CO-GWAS: A co-occurrence graph based GWAS System

Research Background :

The tool provides a novel methodology and system for Genome Wide Association Studies (GWAS). In this work, we create large scaled multiprocessing systems which can map genotypes to phenotypes. Phenotypes are defined as observed physical attributes of an organism. Within a specie, phenotypes differ between multiple organisms due to the genotype, which is defined as the gene sequence of the organism. Finding mapping between genotypes and phenotypes is the holygrail of biology due to the following reasons:

1. Generate novel causal hypothesis regarding biological pathways that affect physical trait of the organism.

2. Results of GWAS can be used to predict an individual’s biological proclivity towards certain diseases through their gene sequence. For example, this can be used to predict future diseases that a new born child might have.

3. Genes which have a considerable effect on phenotype can be used to engineer crops with desired properties.

This tool maps genotype to phenotype, by taking VCF files as input. The tool then transforms the VCF file into a suitable format for generating the probability with which each position in the genome affects the target phenotype

Claims:

The core problem which GWAS addresses is that gene sequence is very large and it is not clear which part of the gene or which alleles in the gene are responsible for which phenotype. The solution for this problem involves reducing the number of ‘candidate alleles’ which have a correlation with the phenotype. In prior art, p-value is used as a metric to shortlist a set of causal genes that affect phenotype. In our system, we present the following claims:

1. We formulate a new metric for quantifying the goodness of a candidate allele to be correlated with phenotype.

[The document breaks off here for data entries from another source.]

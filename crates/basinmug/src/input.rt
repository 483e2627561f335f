//! The bytes that a run prints, and what is between their fields.
ghost use Rattle.std.specs.Prelude.{◌≡◌, ◌^◌, IfOk, IfSome, IsErrOf, None, OnOk, option_copied};
ghost use Rattle.tabled_output.specs.Counts.{FailsIff, HasGivenPieces, OnlyReads, TellsEnd, inner_of};
ghost use Rattle.tabled_output.specs.Streams.{ConsumesSome};
ghost use Rattle.basinmug.specs.Inputs.{IsInputOf};

use crate::fault::{ProgramFault, of_reading};
use crate::kept::Kept;
use basinmug_head::{Head, asked_or_found, read_head};
use std::fs::File;
use std::io::{IsTerminal, Read};
use tabled_output::{Counted, ReadFault, read_to_end};

// How many reads of an input there are at most, in a row.
const READS: u64 = 1 << 40;

/// What is read of an input, by the arguments.
#[derive(Clone, Copy)]
pub struct Reading<'a> {
    /// The path of the file; none for standard input.
    pub file: Option<&'a str>,
    /// The byte between fields, where it is requested.
    pub delimiter: Option<u8>,
    /// How many records are read at most; none where all are.
    pub records: Option<usize>,
}

/// The bytes of a file, or of standard input where there is none, up to the end of the last record that is requested,
/// and what is between their fields.
pub fn input_of(rt: &HostRuntime, reading: Reading<'_>) -> Result<Head, ProgramFault> {
    match reading.file {
        Some(path) => match File::open(rt, path) {
            Ok(opened) => input_in(rt, opened, reading),
            Err(error) => Err(ProgramFault::Open(error)),
        },
        None => {
            say_terminal(rt);
            input_in(rt, rt.stdin(), reading)
        }
    }
}

// Says on standard error that standard input is read, where it is a terminal: nothing else shows that.
fn say_terminal(rt: &HostRuntime) {
    if rt.stdin().is_terminal() {
        let _ = eprintln!(rt;
            "basinmug: reading from the terminal: Ctrl-D on a line of its own ends the text"
        );
    }
}

// The same of a reader.
fn input_in<R: Read + Drop>(
    rt: &HostRuntime,
    reader: R,
    reading: Reading<'_>,
) -> Result<Head, ProgramFault> {
    let mut counted = Counted::new(Kept::new(reader));
    match read_input(rt, &mut counted, reading) {
        Ok(input) => Ok(input),
        Err(fault) => Err(of_reading(fault, counted.into_inner().error())),
    }
}

// All that a reader gives, or its first records. It fails with `TooLong` after 2^40 reads that gave bytes.
fn read_input<R: Read>(
    rt: &HostRuntime,
    reader: &mut Counted<R>,
    reading: Reading<'_>,
) -> Result<Head, ReadFault>
    ensures input { IfOk result (λ input. IfSome (R.remaining (inner_of reader.old))
        (IsInputOf reading.entry.delimiter (option_copied reading.entry.file) reading.entry.records input)) }
    ensures some_text { IfOk result (λ input. ConsumesSome (R.remaining (inner_of reader.old)) (R.remaining (inner_of reader.new))
        (IsInputOf reading.entry.delimiter (option_copied reading.entry.file) reading.entry.records input)) }
    ensures whole { OnOk result (reading.entry.records ≡ None → TellsEnd reader.old reader.new) }
    ensures read { FailsIff (IsErrOf result ReadFault.Read) reader.old reader.new }
    ensures too_long { IsErrOf result ReadFault.TooLong → HasGivenPieces reader.old reader.new (2 ^ 40) }
    ensures only_reads { OnlyReads reader.old reader.new }
{
    let Some(records) = reading.records else {
        let bytes = read_to_end(rt.alloc(), reader, READS)?;
        let found = asked_or_found(reading.delimiter, &bytes, reading.file);
        return Ok(Head { bytes, found });
    };
    read_head(
        rt.alloc(),
        reader,
        reading.delimiter,
        reading.file,
        records,
        READS,
    )
}
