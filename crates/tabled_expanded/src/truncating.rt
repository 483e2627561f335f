//! Tables in expanded form that are cut to a width.
ghost use Rattle.std.specs.Prelude.{◌≡◌, IfErr, IfOk, OnErr, OnOk, map, string_bytes};
ghost use Rattle.grid_config_values.specs.declared.fault.Fault.TheVariants.{Memory};
ghost use Rattle.tabled_expanded.specs.Cutting.{can_be_truncated, cut_of, cut_text, cut_view, truncated};
ghost use Rattle.tabled_expanded.specs.Tables.{expanded, template_of};
ghost use Rattle.tabled_text.specs.Rows.{text_rows};

use crate::lines::widest_text;
use crate::table::ExtendedTable;
use grid_config_values::Fault;
use grid_records_measure::{cut_width, get_line_width};
use std::alloc::{AllocError, Global};

// To how many columns fields, or else values, are cut.
#[derive(Clone, Copy)]
enum FieldsOrValues {
    NoRoom,
    Fields(usize),
    Values(usize),
}

impl<F> ExtendedTable<F> {
    /// Cuts the values to what is left of `max` columns of the terminal beside the widest field, the three columns
    /// of the bar and twice the suffix. Where the fields leave nothing of them, it cuts the fields so, and the values
    /// to nothing. After each text that lost bytes follows `suffix`. Returns false, and changes nothing, where the
    /// suffix does not fit, or not a head with as many digits as the number of all records has: of ten records, whose
    /// heads take 14 columns, none fits 14. Fails only where allocation fails, and then nothing has changed.
    pub fn truncate(&mut self, alloc: Global, max: usize, suffix: &str) -> Result<bool, Fault>
        ensures answer { IfOk result (λ done. done ≡ can_be_truncated max suffix.now (expanded self.old)) }
        ensures cut { OnOk result (expanded self.new ≡ truncated max suffix.now (expanded self.old)) }
        ensures refused { IfErr result (λ fault. fault ≡ Memory) }
        ensures kept { OnErr result (expanded self.new ≡ expanded self.old) }
        ensures template { template_of self.new ≡ template_of self.old }
    {
        let digits = digits_of(alloc, self.records.len())?;
        let width = widest_text(&self.fields);
        match cut_of(width, digits, get_line_width(suffix), max) {
            FieldsOrValues::NoRoom => Ok(false),
            FieldsOrValues::Fields(width) => {
                let records = cut_records(alloc, &self.records, 0, suffix)?;
                self.fields = cut_texts(alloc, &self.fields, width, suffix)?;
                self.records = records;
                Ok(true)
            }
            FieldsOrValues::Values(width) => {
                self.records = cut_records(alloc, &self.records, width, suffix)?;
                Ok(true)
            }
        }
    }
}

ghost use Rattle.std.specs.Prelude.{decimal, length};

// How many digits a number has.
fn digits_of(alloc: Global, number: usize) -> Result<usize, AllocError>
    ensures { IfOk result (λ digits. digits ≡ length (decimal number)) }
{
    Ok(number.to_string(alloc)?.len())
}

// How texts are cut, where the widest field takes `fields` columns, the number of records `digits` digits and
// the suffix `suffix` columns.
fn cut_of(fields: usize, digits: usize, suffix: usize, limit: usize) -> FieldsOrValues
    ensures { cut_view result ≡ cut_of fields digits suffix limit }
{
    if limit < 13 || limit - 13 < digits || limit < suffix {
        return FieldsOrValues::NoRoom;
    }
    let room = limit - suffix;
    if room < 3 {
        return FieldsOrValues::NoRoom;
    }
    let room = room - 3;
    if room < suffix {
        return FieldsOrValues::NoRoom;
    }
    if room < fields {
        return FieldsOrValues::Fields(room - suffix);
    }
    if room - fields < suffix {
        FieldsOrValues::NoRoom
    } else {
        FieldsOrValues::Values(room - fields - suffix)
    }
}

// A text cut to so many columns, with the suffix after it where that took bytes away.
fn cut_text(alloc: Global, text: &str, width: usize, suffix: &str) -> Result<String, AllocError>
    ensures { IfOk result (λ cut. string_bytes cut ≡ cut_text width suffix.now text.now) }
{
    let mut cut = if width == 0 {
        String::new(alloc)
    } else {
        cut_width(alloc, text, width)?.into_owned(alloc)?
    };
    if cut.len() < text.len() {
        cut.push_str(suffix)?;
    }
    Ok(cut)
}

// Several texts cut.
fn cut_texts(
    alloc: Global,
    texts: &Vec<String>,
    width: usize,
    suffix: &str,
) -> Result<Vec<String>, AllocError>
    ensures { IfOk result (λ cut. map string_bytes cut.items ≡ map (cut_text width suffix.now) (map string_bytes texts.now.items)) }
{
    let mut cut = Vec::with_capacity(alloc, texts.len())?;
    for text in texts {
        cut.push(cut_text(alloc, text, width, suffix)?)?;
    }
    Ok(cut)
}

// The texts of several records cut.
fn cut_records(
    alloc: Global,
    records: &Vec<Vec<String>>,
    width: usize,
    suffix: &str,
) -> Result<Vec<Vec<String>>, AllocError>
    ensures { IfOk result (λ cut. text_rows cut.items ≡ map (map (cut_text width suffix.now)) (text_rows records.now.items)) }
{
    let mut cut = Vec::with_capacity(alloc, records.len())?;
    for texts in records {
        cut.push(cut_texts(alloc, texts, width, suffix)?)?;
    }
    Ok(cut)
}
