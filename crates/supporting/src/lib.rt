#![tactic(auto)]

// The packets of a stream that a receiver does not support: definitions, and the theorems about them. No code.
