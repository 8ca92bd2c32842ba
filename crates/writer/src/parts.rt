// What a roster is written from, and what the writer answers to it: 13, 14, 15, 16, then 11, then 22.
ghost use Rattle.std.specs.Prelude.{◌≡◌, true, ◌*◌, ◌≤◌, length, Ok, Err, MatchResult};
ghost use Rattle.rules.specs.Limits.{task_limit, object_limit, largest_roster};
ghost use Rattle.rules.specs.Fresh.{setup_counted, setup_in_range};
ghost use Rattle.encoding.specs.File.{steps_before, file_of};
ghost use Rattle.encoding.specs.Answers.{lengths_add_up, lent_scripts_form, parts_form, file_form, write_answer_of, written_of};
ghost use Rattle.writer.specs.Lent.{lent};

use encoding::{WriteAnswer, WriteError};
use format::{Fault, File, Verdict};
use ranges::all_in_range;
use rules::{Priority, Roster};
use step_form::{Limits, steps_form};

// Bases, ceilings, how many steps each task has, and all the steps, 4 bytes each, task after task.
// Bases and lengths are two lists side by side, since C and Ada lend them so (dispatch_write); nothing is copied.
#[derive(Clone, Copy)]
pub struct Parts<'a> {
    pub bases: &'a [u8],
    pub ceilings: &'a [u8],
    pub lengths: &'a [u16],
    pub steps: &'a [u8],
}

// How many steps the lengths make.
// Of the one list that it adds up: as a method of Parts it would be lent three slices more than it reads.
fn total(lengths: &[u16]) -> usize
    requires { length lengths.now ≤ task_limit }
    ensures value { result ≡ steps_before lengths.now (length lengths.now) }
    ensures upper_bound { result ≤ 65535 * task_limit }
{
    let mut sum = 0;
    for &n in lengths {
        sum += n as usize;
    }
    sum
}

impl Parts<'_> {
    // 14
    // How many there may be is a clause, here and below: the fields are public, and lists of any length get an answer.
    #[tactic(auto, unfolding(encoding::specs::Answers::lengths_add_up))]
    fn lengths_good(&self) -> bool
        requires { length self.now.bases.now ≤ task_limit }
        ensures { result ≡ lengths_add_up (lent self.now) }
    {
        self.lengths.len() == self.bases.len()
            && File::STEP * total(self.lengths) == self.steps.len()
    }

    // 15
    fn values_good(&self) -> bool
        ensures { result ≡ setup_in_range (lent self.now).setup }
    {
        all_in_range(self.bases) && all_in_range(self.ceilings)
    }

    // 16, in task and step order: each script as the reader judges it.
    fn scripts_form(&self) -> Verdict
        requires counts { setup_counted (lent self.now).setup ≡ true }
        requires lengths { lengths_add_up (lent self.now) ≡ true }
        ensures { result ≡ lent_scripts_form (lent self.now) }
    {
        let limits = Limits::new(self.bases.len() as u8, self.ceilings.len() as u8);
        let mut start: usize = 0;
        for (t, &base) in self.bases.iter().enumerate() {
            let end = start + File::STEP * self.lengths[t] as usize;
            steps_form(&limits, t as u8, Priority(base), &self.steps[start..end])?;
            start = end;
        }
        Ok(())
    }

    // 13, 14, 15 and 16.
    #[tactic(auto, using(crate::proofs::PartLaws::counted), unfolding(encoding::specs::Answers::parts_form))]
    fn parts_form(&self) -> Verdict
        ensures { result ≡ parts_form (lent self.now) }
    {
        if !Roster::counts_good(self.bases.len(), self.ceilings.len()) {
            return Err(Fault::BadCounts);
        }
        if !self.lengths_good() {
            return Err(Fault::BadLayout);
        }
        if !self.values_good() {
            return Err(Fault::BadValues);
        }
        self.scripts_form()
    }

    // The length of the file.
    #[tactic(auto, using(crate::proofs::PartLaws::size_laws))]
    fn size(&self) -> usize
        requires tasks { length self.now.bases.now ≤ task_limit }
        requires objects { length self.now.ceilings.now ≤ object_limit }
        requires steps { length self.now.steps.now ≤ largest_roster }
        ensures { result ≡ length (file_of (lent self.now)) }
    {
        self.steps.len()
            + File::TASK_ROW as usize * self.bases.len()
            + File::OBJECT_ROW as usize * self.ceilings.len()
            + File::TRAILER
    }

    // How long the file is: 13, 14, 15, 16, then 11.
    #[tactic(auto, unfolding(encoding::specs::Answers::file_form))]
    fn file_size(&self) -> Result<usize, Fault>
        ensures { MatchResult result (λ n. (file_form (lent self.now) ≡ Ok tt) × (n ≡ length (file_of (lent self.now))))
            (λ e. file_form (lent self.now) ≡ Err e) }
    {
        self.parts_form()?;
        // So many steps alone are too many, and the sum of the size might not fit.
        if self.steps.len() > Roster::LARGEST {
            return Err(Fault::BadLength);
        }
        let size = self.size();
        if size > Roster::LARGEST {
            return Err(Fault::BadLength);
        }
        Ok(size)
    }

    // How many bytes are written into a buffer of `room` bytes: 13, 14, 15, 16, then 11, then 22.
    #[tactic(auto, unfolding(encoding::specs::Answers::write_answer_of))]
    pub fn written_size(&self, room: usize) -> Result<usize, WriteError>
        ensures { MatchResult result (λ n. (write_answer_of (lent self.now) room ≡ Ok tt) × (n ≡ length (file_of (lent self.now))))
            (λ e. write_answer_of (lent self.now) room ≡ Err e) }
    {
        let size = self.file_size()?;
        if room < size {
            return Err(WriteError::ShortBuffer);
        }
        Ok(size)
    }

    // The same without the number.
    pub fn answer(&self, room: usize) -> WriteAnswer
        ensures { result ≡ write_answer_of (lent self.now) room }
    {
        self.written_size(room)?;
        Ok(())
    }

    // The same number; 0 on a refusal.
    // 0 and no Option: it is the length of `written_of`, empty on a refusal, and dispatch_written hands it to C.
    #[tactic(auto, unfolding(encoding::specs::Answers::written_of))]
    pub fn length(&self, room: usize) -> usize
        ensures { result ≡ length (written_of (lent self.now) room) }
    {
        self.written_size(room).unwrap_or(0)
    }
}
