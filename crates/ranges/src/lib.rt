// Internal: pub only for our own crates. Whether lent numbers are priorities.
#![tactic(auto)]

ghost use Rattle.std.specs.Prelude.{◌≡◌};
ghost use Rattle.rules.specs.Priorities.{in_range};
ghost use Rattle.rules.specs.Lists.{all_of};

use rules::Priority;

// All numbers of a list are priorities in range.
pub fn all_in_range(values: &[u8]) -> bool
    ensures { result ≡ all_of in_range values.now }
{
    values.iter().all(|&v| Priority(v).in_range())
}
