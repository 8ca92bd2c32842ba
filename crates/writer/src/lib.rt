// The writer of roster files: bases, ceilings and step lists into a lent buffer. Its meaning is in crate encoding.
#![tactic(auto)]

mod parts;
mod tables;
mod writes;

pub use parts::Parts;
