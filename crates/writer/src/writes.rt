// The two calls of the writer: one writes and answers, one hands back the written part.
ghost use Rattle.std.specs.Prelude.{◌≡◌, length, Ok};
ghost use Rattle.words.specs.Words.{over_front};
ghost use Rattle.encoding.specs.File.{file_of};
ghost use Rattle.encoding.specs.Answers.{write_answer_of, write_buffer_of, written_of};
ghost use Rattle.writer.specs.Lent.{lent};

use crate::parts::Parts;
use crate::tables;
use encoding::WriteAnswer;
use format::File;

impl Parts<'_> {
    // The file, each part from where it starts.
    fn write_file(&self, out: &mut [u8])
        requires { write_answer_of (lent self.now) (length out.old) ≡ Ok tt }
        ensures { out.new ≡ over_front (file_of (lent self.now)) out.old }
    {
        let n = self.bases.len();
        let m = self.ceilings.len();
        let table = self.steps.len();
        let objects = table + File::TASK_ROW as usize * n;
        let end = objects + File::OBJECT_ROW as usize * m;
        tables::write_scripts(self.steps, out);
        tables::write_tasks(self.bases, self.lengths, &mut out[table..]);
        tables::write_objects(self.ceilings, &mut out[objects..]);
        tables::write_trailer(
            n as u8,
            m as u8,
            objects as u16,
            table as u16,
            &mut out[end..],
        );
    }

    // Writes the file at the front of the buffer, or nothing, and answers.
    #[tactic(auto, unfolding(encoding::specs::Answers::write_buffer_of))]
    pub fn write(&self, out: &mut [u8]) -> WriteAnswer
        ensures value { result ≡ write_answer_of (lent self.now) (length out.old) }
        ensures out_after { out.new ≡ write_buffer_of (lent self.now) out.old }
    {
        self.answer(out.len())?;
        self.write_file(out);
        Ok(())
    }

    // Writes, and hands back exactly the written file, the front part of the buffer; empty on a refusal, whose number `answer` tells.
    #[tactic(auto, unfolding(encoding::specs::Answers::written_of))]
    pub fn written<'b>(&self, out: &'b mut [u8]) -> &'b mut [u8]
        ensures { result.now ≡ written_of (lent self.now) (length out.old) }
    {
        match self.written_size(out.len()) {
            Ok(size) => {
                self.write_file(out);
                &mut out[..size]
            }
            Err(_) => &mut out[..0],
        }
    }
}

2. We provide a methodology that evaluates the individual allele goodness quantification method by using the top k such candidates produced by the method, build a prediction model only using those features and compare the accuracy of the prediction.

3. Our approach in claim 1 is shown to be doing significantly better than p-value (the prior art) w.r.t. the method proposed in claim 2.

4. We have also come up with a very efficient and scalable pipeline using big-data computing for compressing the traditional data into a binary format, generating the candidate scores, and evaluating the top candidates efficiently.